--- Supplied records ---

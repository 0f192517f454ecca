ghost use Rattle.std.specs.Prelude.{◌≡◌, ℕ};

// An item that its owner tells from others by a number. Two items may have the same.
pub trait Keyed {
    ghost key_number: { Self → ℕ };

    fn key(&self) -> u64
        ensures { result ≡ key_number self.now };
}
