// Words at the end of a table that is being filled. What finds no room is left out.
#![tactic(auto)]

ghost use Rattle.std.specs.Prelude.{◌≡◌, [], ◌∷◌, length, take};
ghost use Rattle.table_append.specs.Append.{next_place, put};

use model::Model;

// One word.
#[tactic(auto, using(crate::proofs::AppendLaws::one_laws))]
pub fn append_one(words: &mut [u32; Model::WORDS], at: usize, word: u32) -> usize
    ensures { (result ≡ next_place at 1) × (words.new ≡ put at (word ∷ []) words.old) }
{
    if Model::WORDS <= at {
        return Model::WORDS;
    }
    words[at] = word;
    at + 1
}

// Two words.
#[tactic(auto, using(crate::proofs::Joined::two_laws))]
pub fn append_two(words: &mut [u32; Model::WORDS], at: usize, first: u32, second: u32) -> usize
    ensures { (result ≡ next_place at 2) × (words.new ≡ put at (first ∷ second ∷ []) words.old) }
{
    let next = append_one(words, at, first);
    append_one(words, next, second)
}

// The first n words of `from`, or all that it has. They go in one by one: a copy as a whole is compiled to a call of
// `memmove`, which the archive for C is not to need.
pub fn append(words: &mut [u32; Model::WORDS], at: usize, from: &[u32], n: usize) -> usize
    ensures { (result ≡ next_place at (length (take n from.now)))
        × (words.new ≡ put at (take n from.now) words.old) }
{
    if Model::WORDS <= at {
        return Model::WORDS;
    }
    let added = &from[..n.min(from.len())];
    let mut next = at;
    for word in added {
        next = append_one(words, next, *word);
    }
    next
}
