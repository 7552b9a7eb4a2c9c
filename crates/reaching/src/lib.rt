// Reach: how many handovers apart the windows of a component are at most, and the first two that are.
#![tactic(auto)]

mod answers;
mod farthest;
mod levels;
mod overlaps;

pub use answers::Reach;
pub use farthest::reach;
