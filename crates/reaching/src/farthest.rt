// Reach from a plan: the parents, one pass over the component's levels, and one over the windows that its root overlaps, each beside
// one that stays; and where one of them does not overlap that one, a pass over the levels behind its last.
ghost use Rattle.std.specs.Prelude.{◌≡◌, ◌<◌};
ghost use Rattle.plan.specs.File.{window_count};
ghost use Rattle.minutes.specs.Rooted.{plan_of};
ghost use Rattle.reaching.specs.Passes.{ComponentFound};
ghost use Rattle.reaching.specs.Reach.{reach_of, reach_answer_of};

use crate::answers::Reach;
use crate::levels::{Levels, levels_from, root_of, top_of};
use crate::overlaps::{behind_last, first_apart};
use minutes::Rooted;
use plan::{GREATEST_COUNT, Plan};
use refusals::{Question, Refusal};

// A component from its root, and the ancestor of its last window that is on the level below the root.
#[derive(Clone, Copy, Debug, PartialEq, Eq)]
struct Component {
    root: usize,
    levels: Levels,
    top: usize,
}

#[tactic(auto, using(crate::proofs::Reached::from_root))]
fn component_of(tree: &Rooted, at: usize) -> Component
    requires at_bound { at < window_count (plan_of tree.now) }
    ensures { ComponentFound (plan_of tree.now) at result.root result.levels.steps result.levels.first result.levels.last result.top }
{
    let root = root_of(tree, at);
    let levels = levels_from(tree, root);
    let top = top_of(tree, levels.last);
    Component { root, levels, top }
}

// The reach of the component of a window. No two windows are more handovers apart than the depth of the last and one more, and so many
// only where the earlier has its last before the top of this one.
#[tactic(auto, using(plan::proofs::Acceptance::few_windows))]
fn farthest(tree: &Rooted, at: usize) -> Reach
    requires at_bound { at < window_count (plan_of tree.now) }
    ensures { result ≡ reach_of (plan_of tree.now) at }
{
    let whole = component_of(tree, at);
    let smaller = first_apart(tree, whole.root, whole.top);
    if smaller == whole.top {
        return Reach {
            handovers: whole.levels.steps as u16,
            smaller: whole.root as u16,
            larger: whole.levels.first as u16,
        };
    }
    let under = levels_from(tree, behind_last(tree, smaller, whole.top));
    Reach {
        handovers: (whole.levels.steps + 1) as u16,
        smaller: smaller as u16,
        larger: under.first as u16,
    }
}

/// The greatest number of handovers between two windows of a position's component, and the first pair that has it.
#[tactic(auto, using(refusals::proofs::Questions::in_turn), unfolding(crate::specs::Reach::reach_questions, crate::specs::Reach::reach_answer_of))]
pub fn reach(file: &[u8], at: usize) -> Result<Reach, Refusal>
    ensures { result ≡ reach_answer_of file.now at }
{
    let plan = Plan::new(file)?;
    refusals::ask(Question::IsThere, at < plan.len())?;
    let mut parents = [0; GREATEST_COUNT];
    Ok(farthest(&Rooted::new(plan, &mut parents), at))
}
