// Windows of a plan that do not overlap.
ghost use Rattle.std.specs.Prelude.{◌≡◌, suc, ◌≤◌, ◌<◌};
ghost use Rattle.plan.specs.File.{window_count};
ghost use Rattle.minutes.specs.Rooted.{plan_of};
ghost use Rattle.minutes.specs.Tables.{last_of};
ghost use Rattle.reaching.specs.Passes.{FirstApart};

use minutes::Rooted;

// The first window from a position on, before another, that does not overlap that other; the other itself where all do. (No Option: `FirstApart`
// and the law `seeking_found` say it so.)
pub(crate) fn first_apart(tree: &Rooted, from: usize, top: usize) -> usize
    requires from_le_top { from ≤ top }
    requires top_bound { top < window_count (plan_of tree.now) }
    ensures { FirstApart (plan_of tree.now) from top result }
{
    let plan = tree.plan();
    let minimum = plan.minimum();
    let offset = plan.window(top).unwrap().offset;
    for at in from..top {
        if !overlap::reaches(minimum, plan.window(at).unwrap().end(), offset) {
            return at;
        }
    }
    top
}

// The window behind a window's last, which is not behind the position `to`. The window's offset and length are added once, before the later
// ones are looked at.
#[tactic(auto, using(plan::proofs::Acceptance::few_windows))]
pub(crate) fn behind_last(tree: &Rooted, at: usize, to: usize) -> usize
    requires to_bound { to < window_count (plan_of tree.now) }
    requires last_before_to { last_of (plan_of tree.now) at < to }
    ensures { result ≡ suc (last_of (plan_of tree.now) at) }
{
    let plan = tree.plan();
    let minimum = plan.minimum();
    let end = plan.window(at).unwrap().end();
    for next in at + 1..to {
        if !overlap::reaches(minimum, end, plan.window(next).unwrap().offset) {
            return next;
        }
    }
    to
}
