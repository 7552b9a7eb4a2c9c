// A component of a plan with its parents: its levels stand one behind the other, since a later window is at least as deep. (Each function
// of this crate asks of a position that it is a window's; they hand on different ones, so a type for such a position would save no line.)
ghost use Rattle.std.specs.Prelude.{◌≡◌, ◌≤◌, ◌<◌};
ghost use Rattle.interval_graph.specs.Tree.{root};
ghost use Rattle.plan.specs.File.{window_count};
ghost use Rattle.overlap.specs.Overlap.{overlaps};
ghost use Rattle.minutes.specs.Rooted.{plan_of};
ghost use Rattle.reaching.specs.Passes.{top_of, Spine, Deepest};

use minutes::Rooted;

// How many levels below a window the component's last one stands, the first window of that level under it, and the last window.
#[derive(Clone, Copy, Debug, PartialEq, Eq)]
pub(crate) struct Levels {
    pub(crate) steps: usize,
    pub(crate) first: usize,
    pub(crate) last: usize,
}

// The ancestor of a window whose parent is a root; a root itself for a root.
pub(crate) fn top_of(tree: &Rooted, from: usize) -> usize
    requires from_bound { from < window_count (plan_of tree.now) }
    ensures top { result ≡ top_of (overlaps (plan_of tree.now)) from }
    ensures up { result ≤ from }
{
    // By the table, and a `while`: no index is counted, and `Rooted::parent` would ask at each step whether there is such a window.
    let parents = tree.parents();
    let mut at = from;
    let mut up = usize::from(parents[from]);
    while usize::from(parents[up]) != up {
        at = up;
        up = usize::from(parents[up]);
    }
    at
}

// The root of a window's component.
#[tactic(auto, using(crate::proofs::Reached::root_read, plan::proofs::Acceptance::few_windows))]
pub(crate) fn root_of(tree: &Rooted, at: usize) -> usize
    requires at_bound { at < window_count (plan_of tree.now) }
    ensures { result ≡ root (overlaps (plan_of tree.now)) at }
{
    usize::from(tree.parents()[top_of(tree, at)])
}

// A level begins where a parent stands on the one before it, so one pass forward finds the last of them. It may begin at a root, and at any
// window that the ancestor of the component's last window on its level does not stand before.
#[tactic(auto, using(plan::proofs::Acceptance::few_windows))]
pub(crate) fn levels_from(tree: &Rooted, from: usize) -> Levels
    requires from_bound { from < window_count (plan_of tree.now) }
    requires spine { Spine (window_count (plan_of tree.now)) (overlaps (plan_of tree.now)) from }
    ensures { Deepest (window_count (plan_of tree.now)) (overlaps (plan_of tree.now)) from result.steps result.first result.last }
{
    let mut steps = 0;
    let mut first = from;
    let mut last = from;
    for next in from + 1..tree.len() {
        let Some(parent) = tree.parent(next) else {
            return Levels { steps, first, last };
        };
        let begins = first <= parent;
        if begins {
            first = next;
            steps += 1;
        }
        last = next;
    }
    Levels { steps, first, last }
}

---
--- Supplied records ---

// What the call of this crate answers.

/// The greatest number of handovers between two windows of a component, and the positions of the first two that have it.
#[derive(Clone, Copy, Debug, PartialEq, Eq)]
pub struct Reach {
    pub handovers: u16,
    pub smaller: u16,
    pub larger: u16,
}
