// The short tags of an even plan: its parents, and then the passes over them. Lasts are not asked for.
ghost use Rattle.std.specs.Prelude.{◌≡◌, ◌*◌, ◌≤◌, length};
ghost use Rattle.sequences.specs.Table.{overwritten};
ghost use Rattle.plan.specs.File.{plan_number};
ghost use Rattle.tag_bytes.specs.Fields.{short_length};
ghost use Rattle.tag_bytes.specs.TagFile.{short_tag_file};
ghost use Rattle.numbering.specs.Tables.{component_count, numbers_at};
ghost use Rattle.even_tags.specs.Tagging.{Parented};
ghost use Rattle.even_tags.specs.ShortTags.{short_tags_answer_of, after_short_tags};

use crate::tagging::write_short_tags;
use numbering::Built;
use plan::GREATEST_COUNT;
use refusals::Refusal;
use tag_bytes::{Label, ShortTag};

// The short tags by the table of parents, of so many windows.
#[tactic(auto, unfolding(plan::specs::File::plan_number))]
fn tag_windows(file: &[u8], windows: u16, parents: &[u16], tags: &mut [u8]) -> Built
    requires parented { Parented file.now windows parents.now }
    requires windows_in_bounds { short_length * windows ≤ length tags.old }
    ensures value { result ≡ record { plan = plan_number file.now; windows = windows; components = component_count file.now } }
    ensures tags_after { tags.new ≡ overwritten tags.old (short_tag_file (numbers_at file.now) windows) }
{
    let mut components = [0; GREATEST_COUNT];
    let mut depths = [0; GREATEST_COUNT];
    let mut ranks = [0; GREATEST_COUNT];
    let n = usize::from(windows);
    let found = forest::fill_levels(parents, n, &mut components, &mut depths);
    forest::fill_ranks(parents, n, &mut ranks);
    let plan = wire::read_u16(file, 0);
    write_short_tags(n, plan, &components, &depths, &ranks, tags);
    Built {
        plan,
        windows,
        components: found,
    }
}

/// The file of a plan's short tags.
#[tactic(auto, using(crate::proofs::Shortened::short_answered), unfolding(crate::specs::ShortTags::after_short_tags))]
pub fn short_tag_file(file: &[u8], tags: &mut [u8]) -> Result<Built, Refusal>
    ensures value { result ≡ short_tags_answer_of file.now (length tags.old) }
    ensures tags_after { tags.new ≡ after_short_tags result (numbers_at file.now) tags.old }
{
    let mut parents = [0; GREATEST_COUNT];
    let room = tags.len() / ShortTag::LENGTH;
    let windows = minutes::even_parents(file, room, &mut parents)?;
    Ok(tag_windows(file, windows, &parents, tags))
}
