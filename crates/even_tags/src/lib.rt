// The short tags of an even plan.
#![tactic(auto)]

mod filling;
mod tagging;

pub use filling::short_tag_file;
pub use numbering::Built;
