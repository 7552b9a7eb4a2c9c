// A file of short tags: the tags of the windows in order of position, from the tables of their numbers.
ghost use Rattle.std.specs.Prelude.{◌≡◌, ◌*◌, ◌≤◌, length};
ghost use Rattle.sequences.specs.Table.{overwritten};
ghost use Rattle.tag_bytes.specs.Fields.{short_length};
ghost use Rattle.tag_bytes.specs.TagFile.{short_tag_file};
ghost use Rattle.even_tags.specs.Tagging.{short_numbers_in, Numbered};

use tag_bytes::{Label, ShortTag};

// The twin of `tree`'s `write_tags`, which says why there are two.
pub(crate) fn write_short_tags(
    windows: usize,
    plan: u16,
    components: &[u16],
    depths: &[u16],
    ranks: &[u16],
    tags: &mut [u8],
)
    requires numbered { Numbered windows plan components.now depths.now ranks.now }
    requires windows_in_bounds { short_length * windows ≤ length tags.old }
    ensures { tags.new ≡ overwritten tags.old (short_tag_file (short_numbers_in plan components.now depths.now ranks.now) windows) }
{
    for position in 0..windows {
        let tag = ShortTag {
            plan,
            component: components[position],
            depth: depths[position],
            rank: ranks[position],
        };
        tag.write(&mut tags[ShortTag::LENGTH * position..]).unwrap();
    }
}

---
--- Supplied records ---

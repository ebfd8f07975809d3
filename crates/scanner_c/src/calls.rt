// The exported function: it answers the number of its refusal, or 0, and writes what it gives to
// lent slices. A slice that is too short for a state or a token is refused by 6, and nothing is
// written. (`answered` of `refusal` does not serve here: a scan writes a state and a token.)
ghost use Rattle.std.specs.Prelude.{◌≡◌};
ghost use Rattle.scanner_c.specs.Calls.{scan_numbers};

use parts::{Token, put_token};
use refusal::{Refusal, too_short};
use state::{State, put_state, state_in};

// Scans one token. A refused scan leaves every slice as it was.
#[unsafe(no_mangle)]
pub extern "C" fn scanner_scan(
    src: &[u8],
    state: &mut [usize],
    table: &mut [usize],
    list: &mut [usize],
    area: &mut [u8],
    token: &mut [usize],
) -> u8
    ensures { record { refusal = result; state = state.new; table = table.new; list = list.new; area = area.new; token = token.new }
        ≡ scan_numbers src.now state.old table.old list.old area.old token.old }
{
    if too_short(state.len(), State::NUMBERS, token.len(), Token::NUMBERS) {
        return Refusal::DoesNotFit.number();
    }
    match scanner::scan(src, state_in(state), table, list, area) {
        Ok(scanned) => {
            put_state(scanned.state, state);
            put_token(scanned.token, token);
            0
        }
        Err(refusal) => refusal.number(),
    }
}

---

--- What needs to be done ---
Above are the records; copy exactly the lines from the line with "repository 0f192517f454ecca" through the line with "fn key(&self) -> u64", both included.

--- Exercise response ---
repository 0f192517f454ecca
ghost use Rattle.std.specs.Prelude.{◌≡◌, ℕ};

// An item that its owner tells from others by a number. Two items may have the same.
pub trait Keyed {
    ghost key_number: { Self → ℕ };

    fn key(&self) -> u64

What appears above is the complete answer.